There is, of course, a major difference in being interested in programming and in considering programming a necessary tool for some other problem that is the real problem.

So there is a bigger problem in motivating the problems, but I don’t think that is the full story.

Once the students figure out that they can just show up at the meetings with the TA and then the TA will show them how to solve the problems they got stuck on, they will simply stop trying to solve anything themselves.  At the first sign of trouble, they just stop.  They do not try to work around the problems, or try to figure out why there is a problem in the first place.

This is probably the worst thing they can possibly do.  Programming is all about solving a larger problem by working around a bit pile of smaller problems.  You get stuck all the time, and need to get yourself “unstuck”.  With experience you will do this faster and faster, and often manage to avoid a lot of the small problems in the first place, but you need to get this experience by actually solving the small problems.

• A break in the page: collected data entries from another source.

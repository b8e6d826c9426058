//! TCP (RFC 9293 section 3.1).
ghost use Rattle.std.specs.Prelude.{◌≡◌, ◌≤◌, ◌↔◌, IsTrue, length};
ghost use Rattle.octets.specs.declared.proto.Proto.TheVariants.{Tcp};
ghost use Rattle.l4_headers.specs.Transport.{IsBadTransport, l4_of, with_l4};

use crate::place::{DESTINATION_PORT_AT, SOURCE_PORT_AT, TCP_SUM_AT};
use crate::{L4, Ports};
use byteorder::{BigEndian, ByteOrder};

const DATA_OFFSET: usize = 12;

const FLAGS: usize = 13;

/// The octets of a header without options.
const HEADER: usize = 20;

/// Whether the header doesn't stand there, or a whole packet's data offset is below it or past the payload.
pub(crate) fn is_bad(payload: &[u8], whole: bool) -> bool
    ensures { IsTrue result ↔ IsBadTransport Tcp payload.now whole }
{
    if payload.len() < HEADER {
        return true;
    }
    let header = usize::from(payload[DATA_OFFSET] >> 4) * 4;
    whole && (header < HEADER || payload.len() < header)
}

/// The ports, which stand in the first 8 octets.
pub fn ports(payload: &[u8]) -> Ports
    requires { 8 ≤ length payload.now }
    ensures { result ≡ (l4_of Tcp payload.now).ports }
{
    Ports {
        src: BigEndian::read_u16(&payload[SOURCE_PORT_AT..]),
        dst: BigEndian::read_u16(&payload[DESTINATION_PORT_AT..]),
    }
}

/// The header's ports, sum and flags.
pub(crate) fn read(payload: &[u8]) -> L4
    requires { HEADER ≤ length payload.now }
    ensures { result ≡ l4_of Tcp payload.now }
{
    L4 {
        ports: ports(payload),
        sum: BigEndian::read_u16(&payload[TCP_SUM_AT..]),
        flags: payload[FLAGS],
    }
}

/// Replaces the ports and the sum.
pub(crate) fn set(payload: &mut [u8], ports: Ports, sum: u16)
    requires { HEADER ≤ length payload.old }
    ensures { payload.new ≡ with_l4 Tcp payload.old ports sum }
{
    BigEndian::write_u16(&mut payload[SOURCE_PORT_AT..], ports.src);
    BigEndian::write_u16(&mut payload[DESTINATION_PORT_AT..], ports.dst);
    BigEndian::write_u16(&mut payload[TCP_SUM_AT..], sum);
}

When people ask me how I would solve a given problem, I tend to tell them.  This makes me the worst TA ever in a situation like this.  I have tried and tried, with more success the older I’m getting, not to help too much.

It is essential that you don’t help a student who could actually solve the problem himself if he just worked a little harder and a little longer.  We learn from our own experience, not others.

What’s so special about programming in Bioinformatic?

What are we doing teaching programming anyway?

The Department of Computer Science teaches an introduction to programming class that is mandatory for half the student programs at the Faculty of Sciences.  So why do we have our own introductory programming class for bioinformatics (and related student programs)?

This is a good question, and there has been some debate over it. If only it wasn’t me who is supposed to teach the class, I would be a strong proponent for it ;)

Kidding aside, I do think there are strong arguments for having a different introductory programming class.

It is getting late, and I have a paper to read before going to bed, so I will leave  those arguments for another post, though.

Applied programming?

Well, I didn’t choose this title for the class.  I wanted script programming, but apparently that didn’t sound serious. Go figure.